### WHAT THE TASK REQUIRES
Give back the entries exactly, ending with the "fn each_state<'a>(alloc: Global, states: &'a" line.

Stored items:
/---
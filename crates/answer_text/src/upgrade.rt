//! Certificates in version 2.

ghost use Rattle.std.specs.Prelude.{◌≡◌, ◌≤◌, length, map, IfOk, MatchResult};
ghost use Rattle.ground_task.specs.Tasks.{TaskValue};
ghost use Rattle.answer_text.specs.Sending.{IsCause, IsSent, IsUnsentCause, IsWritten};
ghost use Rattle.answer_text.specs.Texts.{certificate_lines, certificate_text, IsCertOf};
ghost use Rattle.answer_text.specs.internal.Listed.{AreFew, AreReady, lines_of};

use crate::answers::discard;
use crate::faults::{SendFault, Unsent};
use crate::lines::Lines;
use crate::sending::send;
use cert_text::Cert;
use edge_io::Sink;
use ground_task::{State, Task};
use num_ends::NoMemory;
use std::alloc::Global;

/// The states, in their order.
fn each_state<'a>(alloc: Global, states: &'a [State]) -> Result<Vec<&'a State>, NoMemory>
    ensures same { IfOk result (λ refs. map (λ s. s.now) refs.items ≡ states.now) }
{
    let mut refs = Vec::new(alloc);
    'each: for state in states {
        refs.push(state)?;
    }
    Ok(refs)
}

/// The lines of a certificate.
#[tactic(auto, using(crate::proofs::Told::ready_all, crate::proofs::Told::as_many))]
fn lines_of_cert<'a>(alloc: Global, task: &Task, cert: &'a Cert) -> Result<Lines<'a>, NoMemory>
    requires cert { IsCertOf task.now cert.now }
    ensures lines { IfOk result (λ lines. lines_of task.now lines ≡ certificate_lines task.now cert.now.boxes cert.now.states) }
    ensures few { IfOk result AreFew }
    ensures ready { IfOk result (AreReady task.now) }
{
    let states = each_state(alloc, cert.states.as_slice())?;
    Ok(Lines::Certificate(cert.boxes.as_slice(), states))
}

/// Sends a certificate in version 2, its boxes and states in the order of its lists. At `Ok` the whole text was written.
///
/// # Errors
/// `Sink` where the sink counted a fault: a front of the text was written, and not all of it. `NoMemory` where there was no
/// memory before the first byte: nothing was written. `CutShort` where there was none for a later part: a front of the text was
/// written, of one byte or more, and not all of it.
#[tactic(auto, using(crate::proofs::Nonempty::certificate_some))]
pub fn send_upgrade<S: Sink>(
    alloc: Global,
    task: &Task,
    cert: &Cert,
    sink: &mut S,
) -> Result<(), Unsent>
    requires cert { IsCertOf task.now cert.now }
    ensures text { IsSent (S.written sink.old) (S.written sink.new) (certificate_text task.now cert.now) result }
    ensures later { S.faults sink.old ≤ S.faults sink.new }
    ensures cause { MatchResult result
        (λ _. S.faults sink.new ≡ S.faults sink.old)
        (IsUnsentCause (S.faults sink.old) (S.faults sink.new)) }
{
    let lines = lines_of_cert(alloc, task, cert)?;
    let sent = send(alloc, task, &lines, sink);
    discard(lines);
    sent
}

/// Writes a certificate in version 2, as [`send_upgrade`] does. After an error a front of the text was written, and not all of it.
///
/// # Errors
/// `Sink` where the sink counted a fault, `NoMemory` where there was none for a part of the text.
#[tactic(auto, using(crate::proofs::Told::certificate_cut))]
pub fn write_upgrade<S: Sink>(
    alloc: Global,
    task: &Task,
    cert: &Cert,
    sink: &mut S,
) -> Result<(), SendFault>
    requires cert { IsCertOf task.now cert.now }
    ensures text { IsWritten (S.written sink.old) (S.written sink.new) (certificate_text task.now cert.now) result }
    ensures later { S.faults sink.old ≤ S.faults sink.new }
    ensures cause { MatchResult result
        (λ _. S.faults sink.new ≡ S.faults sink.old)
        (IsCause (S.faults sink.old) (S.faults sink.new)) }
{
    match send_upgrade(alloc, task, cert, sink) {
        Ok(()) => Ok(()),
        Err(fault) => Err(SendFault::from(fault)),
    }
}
\---
### RESPONSE FOR THIS EXERCISE
filename crates/answer_text/src/upgrade.rt
//! Certificates in version 2.

ghost use Rattle.std.specs.Prelude.{◌≡◌, ◌≤◌, length, map, IfOk, MatchResult};
ghost use Rattle.ground_task.specs.Tasks.{TaskValue};
ghost use Rattle.answer_text.specs.Sending.{IsCause, IsSent, IsUnsentCause, IsWritten};
ghost use Rattle.answer_text.specs.Texts.{certificate_lines, certificate_text, IsCertOf};
ghost use Rattle.answer_text.specs.internal.Listed.{AreFew, AreReady, lines_of};

use crate::answers::discard;
use crate::faults::{SendFault, Unsent};
use crate::lines::Lines;
use crate::sending::send;
use cert_text::Cert;
use edge_io::Sink;
use ground_task::{State, Task};
use num_ends::NoMemory;
use std::alloc::Global;

/// The states, in their order.
fn each_state<'a>(alloc: Global, states: &'a [State]) -> Result<Vec<&'a State>, NoMemory>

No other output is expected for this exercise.